### Task to carry out
Scan the records for lines holding "auto". Say how many there are and give nothing else.

>>>>>

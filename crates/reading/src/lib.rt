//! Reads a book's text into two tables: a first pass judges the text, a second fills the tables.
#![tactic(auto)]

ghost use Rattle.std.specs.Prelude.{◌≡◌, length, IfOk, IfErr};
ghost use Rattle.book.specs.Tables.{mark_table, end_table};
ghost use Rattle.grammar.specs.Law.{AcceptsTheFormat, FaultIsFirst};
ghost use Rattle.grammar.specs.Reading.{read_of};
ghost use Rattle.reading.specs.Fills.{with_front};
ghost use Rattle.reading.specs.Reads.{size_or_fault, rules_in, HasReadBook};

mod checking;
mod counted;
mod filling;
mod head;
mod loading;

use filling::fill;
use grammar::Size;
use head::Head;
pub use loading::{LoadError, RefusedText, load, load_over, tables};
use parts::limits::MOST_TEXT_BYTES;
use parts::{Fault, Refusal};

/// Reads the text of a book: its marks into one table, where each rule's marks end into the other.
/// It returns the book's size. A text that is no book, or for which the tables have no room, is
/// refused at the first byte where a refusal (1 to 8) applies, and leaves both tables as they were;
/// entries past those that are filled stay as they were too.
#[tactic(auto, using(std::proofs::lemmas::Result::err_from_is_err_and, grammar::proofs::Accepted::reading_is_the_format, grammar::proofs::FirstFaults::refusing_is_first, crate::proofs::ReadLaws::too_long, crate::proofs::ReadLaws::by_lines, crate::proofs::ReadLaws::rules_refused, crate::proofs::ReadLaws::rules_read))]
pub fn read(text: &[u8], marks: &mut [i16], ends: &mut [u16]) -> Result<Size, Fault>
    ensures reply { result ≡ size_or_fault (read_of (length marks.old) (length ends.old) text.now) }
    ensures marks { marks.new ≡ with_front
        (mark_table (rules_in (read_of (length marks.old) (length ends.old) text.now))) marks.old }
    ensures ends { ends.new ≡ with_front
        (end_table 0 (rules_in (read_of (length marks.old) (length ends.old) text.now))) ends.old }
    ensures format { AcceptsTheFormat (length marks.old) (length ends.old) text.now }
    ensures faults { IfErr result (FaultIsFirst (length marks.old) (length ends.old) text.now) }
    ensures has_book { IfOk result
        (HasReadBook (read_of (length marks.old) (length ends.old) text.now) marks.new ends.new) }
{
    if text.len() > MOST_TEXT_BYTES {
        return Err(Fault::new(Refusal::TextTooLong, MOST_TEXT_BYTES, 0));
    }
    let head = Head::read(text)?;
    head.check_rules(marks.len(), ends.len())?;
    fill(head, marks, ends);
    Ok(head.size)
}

<<<<<
>>>>>

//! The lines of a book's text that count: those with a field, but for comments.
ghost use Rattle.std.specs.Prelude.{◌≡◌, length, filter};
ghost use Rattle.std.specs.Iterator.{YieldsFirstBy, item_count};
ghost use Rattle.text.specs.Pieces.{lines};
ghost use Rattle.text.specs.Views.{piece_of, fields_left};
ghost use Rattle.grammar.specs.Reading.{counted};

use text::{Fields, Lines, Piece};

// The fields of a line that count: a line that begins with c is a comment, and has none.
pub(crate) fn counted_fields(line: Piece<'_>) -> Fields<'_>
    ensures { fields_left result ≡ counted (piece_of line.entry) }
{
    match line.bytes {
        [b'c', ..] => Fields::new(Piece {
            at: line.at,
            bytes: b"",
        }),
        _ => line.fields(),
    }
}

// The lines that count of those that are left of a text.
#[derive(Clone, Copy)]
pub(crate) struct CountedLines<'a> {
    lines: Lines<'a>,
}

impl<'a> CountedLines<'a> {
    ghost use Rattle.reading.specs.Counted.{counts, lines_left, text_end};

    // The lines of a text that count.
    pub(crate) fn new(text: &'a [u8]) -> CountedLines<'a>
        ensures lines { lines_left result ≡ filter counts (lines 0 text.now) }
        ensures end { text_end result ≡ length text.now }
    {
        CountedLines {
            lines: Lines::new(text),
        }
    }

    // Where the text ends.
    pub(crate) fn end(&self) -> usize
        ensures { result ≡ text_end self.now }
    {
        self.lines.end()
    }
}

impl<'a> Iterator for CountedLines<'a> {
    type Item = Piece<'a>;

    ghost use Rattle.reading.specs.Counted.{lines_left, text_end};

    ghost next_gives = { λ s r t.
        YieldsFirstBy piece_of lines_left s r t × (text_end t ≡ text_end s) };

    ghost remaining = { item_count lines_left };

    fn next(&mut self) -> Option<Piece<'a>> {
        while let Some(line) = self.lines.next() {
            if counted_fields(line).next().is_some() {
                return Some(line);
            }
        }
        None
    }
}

<<<<<

### Your solution
2